A strictly causal solution.

It is interesting that the specific solution above has equal causal and acausal contributions. Such a solution (outside of QFT) is generally undesirable. We can construct a specific solution that is either causal or acausal by picking just one of the integrals above, instead of averaging. For example, let
\begin{equation}\label{eqn:helmholtzGreens:440}
f(x) = \int_{-\infty}^x \frac{\sin\lr{k \lr{x – x’}}}{k} V(x’) dx’.
\end{equation}
We can verify that this is a specific solution to our equation using the identity
\begin{equation}\label{eqn:helmholtzGreens:460}
\frac{d}{dx} \int_a^x g(x, x’) dx’
=
\evalrange{g(x, x’) }{a}{x} + \int_a^x \frac{\partial g(x,x’)}{dx} dx’.
\end{equation}
Taking the first derivative of \( f(x) \), we find
\begin{equation}\label{eqn:helmholtzGreens:480}
\begin{aligned}
\frac{df}{dx}
&= \evalrange{ \frac{\sin\lr{k \lr{x – x’}}}{k} V(x’) }{-\infty}{x} + k \int_{-\infty}^x \frac{\cos\lr{k \lr{x – x’}}}{k} V(x’) dx’ \\
&= \frac{\sin\lr{k \lr{x + \infty}}}{k} V(-\infty) + k \int_{-\infty}^x \frac{\cos\lr{k \lr{x – x’}}}{k} V(x’) dx’ \\
&= k \int_{-\infty}^x \frac{\cos\lr{k \lr{x – x’}}}{k} V(x’) dx’,
\end{aligned}
\end{equation}
where we have assumed that our forcing function \( V(x) \) is zero at \( -\infty \).
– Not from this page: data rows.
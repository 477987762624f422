//! The opening of a CPU over plain levels.

ghost use Rattle.std.specs.Prelude.{◌≡◌, None, IfOk, IfErr};
ghost use Rattle.cyc_types.specs.declared.refusal.Refusal.TheVariants.{Memory};
ghost use Rattle.cyc_border.specs.Opening.{IsNewCpu};

use crate::cpu::Cpu;
use cyc_core::LevelCore;
use cyc_cpu::Hard;
use cyc_types::{Ceiling, Refusal};
use std::alloc::Global;

/// A CPU with no cyclic, whose two soft levels have this ceiling. Refuses with Memory alone.
pub fn opened(alloc: Global, ceiling: Ceiling, most: u64) -> Result<Cpu, Refusal>
    ensures ok { IfOk result (λ cpu. IsNewCpu ceiling most cpu) }
    ensures err { IfErr result (λ e. e ≡ Memory) }
{
    let lock = LevelCore::new(alloc, ceiling)?;
    let low = LevelCore::new(alloc, ceiling)?;
    let hard = Hard::new(alloc, most, lock, low)?;
    Ok(Cpu {
        hard,
        high: None,
        lock: None,
        low: None,
    })
}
Taking the second derivative, we have
\begin{equation}\label{eqn:helmholtzGreens:500}
\begin{aligned}
\frac{d^2f}{dx^2}
&=
\evalrange{ k \frac{\cos\lr{k \lr{x – x’}}}{k} V(x’) }{-\infty}{x} – k^2 \int_{-\infty}^x \frac{\sin\lr{k \lr{x – x’}}}{k} V(x’) dx’ \\
&= V(x) – k^2 f(x),
\end{aligned}
\end{equation}
or
\begin{equation}\label{eqn:helmholtzGreens:520}
\frac{d^2}{dx^2} f(x) + k^2 f(x) = V(x).
\end{equation}
This verifies that \ref{eqn:helmholtzGreens:440} is also a specific solution to the wave equation, as expected and desired.

It appears that the general solution is likely of the following form
\begin{equation}\label{eqn:helmholtzGreens:380b}
U(x) =
A’ \cos\lr{ k x } +
B’ \sin\lr{ k x }
+\alpha \int_{-\infty}^x \frac{\sin\lr{k \lr{x – x’}}}{k} V(x’) dx’
-(1-\alpha)\int_x^\infty \frac{\sin\lr{k \lr{x – x’}}}{k} V(x’) dx’,
\end{equation}
with \( \alpha \in [0,1] \).

It’s pretty cool that we can completely solve the 1D forced wave equation, for any forcing function, from first principles. Yes, I took liberties that would make a mathematician cringe, but we are telling a story, and leaving the footnotes to somebody else.

More specific boundary constraints.

Just as we have the freedom to add any homogeneous solution to our specific convolution based solution, we may do so for the Green’s function itself. Our process above, implicitly assumes that we are interested in infinite boundary value constraints. Should we wish to impose different boundary constraints, we can form
\begin{equation}\label{eqn:helmholtzGreens:420}
G(u) = A e^{ j k u} + B e^{-j k u} – \frac{j \mathrm{sgn}(u)}{2k} e^{j k \Abs{u}},
\end{equation}
but must then use the boundary value constraints to determine the desired form of the Green’s function, using the two degrees of freedom to do so. That’s also an interesting topic, and would be good to also visit in a followup post.

References

[1] F.W. Byron and R.W. Fuller. Mathematics of Classical and Quantum Physics. Dover Publications, 1992.